## Problem requirements
Each line below from the one containing "fn key_text(alloc: Global, key: &Key)" through the one containing "KeyFault::Unusable => Ok(Error::UnusableKey" should be output exactly as it stands, and no other line should appear.
*** Records for the task Section Begins ***
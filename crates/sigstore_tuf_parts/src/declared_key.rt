// What a declared key says of itself, and signatures under it.
ghost use Rattle.std.specs.Prelude.{◌≡◌, ◌≢◌, ◌++◌, ◌∷◌, Ok, Err, IfOk, OnOk, IfErr};
ghost use Rattle.sigstore_keys.specs.Crypto.{crypto_by};
ghost use Rattle.sigstore_tuf_parts.specs.By.{key_by};
ghost use Rattle.sigstore_tuf_text.specs.Canon.{canon, quoted, comma_if};
ghost use Rattle.sigstore_tuf_parts.specs.DeclaredKeys.{key_object_of, key_id_of, signing_scheme_of, key_error, or_key_error, key_verified_of};

use crate::accepted::is_good_text;
use crate::keys::Key;
use crate::signed_text::SignedText;
use crate::verification::{KeyFault, declared_scheme};
use foundation::{Duplicate, NoMemory};
use sigstore_keys::{CryptoProvider, SigningScheme, VerificationKey, sha256};
use sigstore_tuf_text::{Error, write_member};
use sigstore_types_parts::{Armor, Bytes, SignatureBytes, Text};
use std::alloc::Global;

// The canonical text of the key's type, text and scheme.
fn key_text(alloc: Global, key: &Key) -> Result<Bytes, NoMemory>
    ensures { IfOk result (λ text. text ≡ canon (key_object_of key.now)) }
{
    let mut out = Vec::new(alloc);
    out.push(b'{')?;
    write_member(false, "keytype", key.keytype.as_str(), &mut out)?;
    out.extend_from_slice(b",\"keyval\":{")?;
    write_member(false, "public", key.keyval.public.as_str(), &mut out)?;
    out.push(b'}')?;
    write_member(true, "scheme", key.scheme.as_str(), &mut out)?;
    out.push(b'}')?;
    Ok(Bytes::from_vec(out))
}

fn unsupported(alloc: Global, key: &Key) -> Result<Error, NoMemory>
    ensures { IfOk result (λ e. e ≡ key_error key.now KeyFault.Unsupported) }
{
    Ok(Error::UnsupportedScheme {
        keytype: key.keytype.duplicate(alloc)?,
        scheme: key.scheme.duplicate(alloc)?,
    })
}

// A fault as a refusal.
fn key_error(alloc: Global, key: &Key, fault: KeyFault) -> Result<Error, NoMemory>
    ensures { IfOk result (λ e. e ≡ key_error key.now fault) }
{
    match fault {
        KeyFault::Unsupported => unsupported(alloc, key),
        KeyFault::Unusable => Ok(Error::UnusableKey {
            key_id: key.key_id(alloc)?,
        }),
        KeyFault::Refused => Ok(Error::Crypto),
        KeyFault::NoMemory => Err(NoMemory),
    }
}

impl Key {
    /// The id of the key by its contents: the hexadecimal SHA-256 value of the canonical object of its
    /// type, text and scheme. Documents declare ids of their own, which are never compared with it.
    #[tactic(auto, unfolding(crate::specs::DeclaredKeys::key_id_of))]
    pub fn key_id(&self, alloc: Global) -> Result<Text, NoMemory>
        ensures { IfOk result (λ id. id ≡ key_id_of self.now) }
    {
        let text = key_text(alloc, self)?;
        sha256(text.as_bytes()).to_hex(alloc)
    }

    /// The scheme that the key names. Errors: `UnsupportedScheme` where it is none of the nine.
    pub fn signing_scheme(&self, alloc: Global) -> Result<SigningScheme, Error>
        ensures ok { IfOk result (λ scheme. signing_scheme_of self.now ≡ Ok scheme) }
        ensures err { IfErr result (λ e. e ≢ Error.NoMemory → signing_scheme_of self.now ≡ Err e) }
    {
        match declared_scheme(self.scheme.as_str()) {
            Some(scheme) => Ok(scheme),
            None => Err(unsupported(alloc, self)?),
        }
    }

    /// The key that this declaration gives. Errors, in order: `UnsupportedScheme` for its scheme,
    /// `UnusableKey` where the trimmed text holds no key, `Crypto` where the bytes are refused: no
    /// SubjectPublicKeyInfo, or of another algorithm than the scheme's.
    pub fn verification_key<M: Armor>(
        &self,
        alloc: Global,
        armor: &M,
    ) -> Result<VerificationKey, Error>
        ensures ok { IfOk result
            (λ v. or_key_error self.now (key_by M.Armor armor.now self.now) ≡ Ok v) }
        ensures err { IfErr result (λ e. e ≢ Error.NoMemory
            → or_key_error self.now (key_by M.Armor armor.now self.now) ≡ Err e) }
    {
        match self.read_key(alloc, armor) {
            Ok(key) => Ok(key),
            Err(fault) => Err(key_error(alloc, self, fault)?),
        }
    }

    /// Whether the signature of a message is good under this key; ML-DSA signs `tuf`, 01 and the message's
    /// SHA-512 value. Errors: as `verification_key`, then `Crypto` where it isn't good.
    pub fn verify<C: CryptoProvider, M: Armor>(
        &self,
        alloc: Global,
        provider: &C,
        armor: &M,
        message: &[u8],
        signature: &SignatureBytes,
    ) -> Result<(), Error>
        ensures ok { IfOk result (λ v.
            key_verified_of (crypto_by C.CryptoProvider M.Armor provider.now armor.now)
            self.now message.now signature.now ≡ Ok v) }
        ensures err { IfErr result (λ e. e ≢ Error.NoMemory →
            key_verified_of (crypto_by C.CryptoProvider M.Armor provider.now armor.now)
            self.now message.now signature.now ≡ Err e) }
    {
        let key = self.verification_key(alloc, armor)?;
        if is_good_text(provider, &key, &SignedText::new(message), signature) {
            Ok(())
        } else {
            Err(Error::Crypto)
        }
    }
}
*** Records for the task Section Ends ***
## Response area
fn key_text(alloc: Global, key: &Key) -> Result<Bytes, NoMemory>
    ensures { IfOk result (λ text. text ≡ canon (key_object_of key.now)) }
{
    let mut out = Vec::new(alloc);
    out.push(b'{')?;
    write_member(false, "keytype", key.keytype.as_str(), &mut out)?;
    out.extend_from_slice(b",\"keyval\":{")?;
    write_member(false, "public", key.keyval.public.as_str(), &mut out)?;
    out.push(b'}')?;
    write_member(true, "scheme", key.scheme.as_str(), &mut out)?;
    out.push(b'}')?;
    Ok(Bytes::from_vec(out))
}

fn unsupported(alloc: Global, key: &Key) -> Result<Error, NoMemory>
    ensures { IfOk result (λ e. e ≡ key_error key.now KeyFault.Unsupported) }
{
    Ok(Error::UnsupportedScheme {
        keytype: key.keytype.duplicate(alloc)?,
        scheme: key.scheme.duplicate(alloc)?,
    })
}

// A fault as a refusal.
fn key_error(alloc: Global, key: &Key, fault: KeyFault) -> Result<Error, NoMemory>
    ensures { IfOk result (λ e. e ≡ key_error key.now fault) }
{
    match fault {
        KeyFault::Unsupported => unsupported(alloc, key),
        KeyFault::Unusable => Ok(Error::UnusableKey {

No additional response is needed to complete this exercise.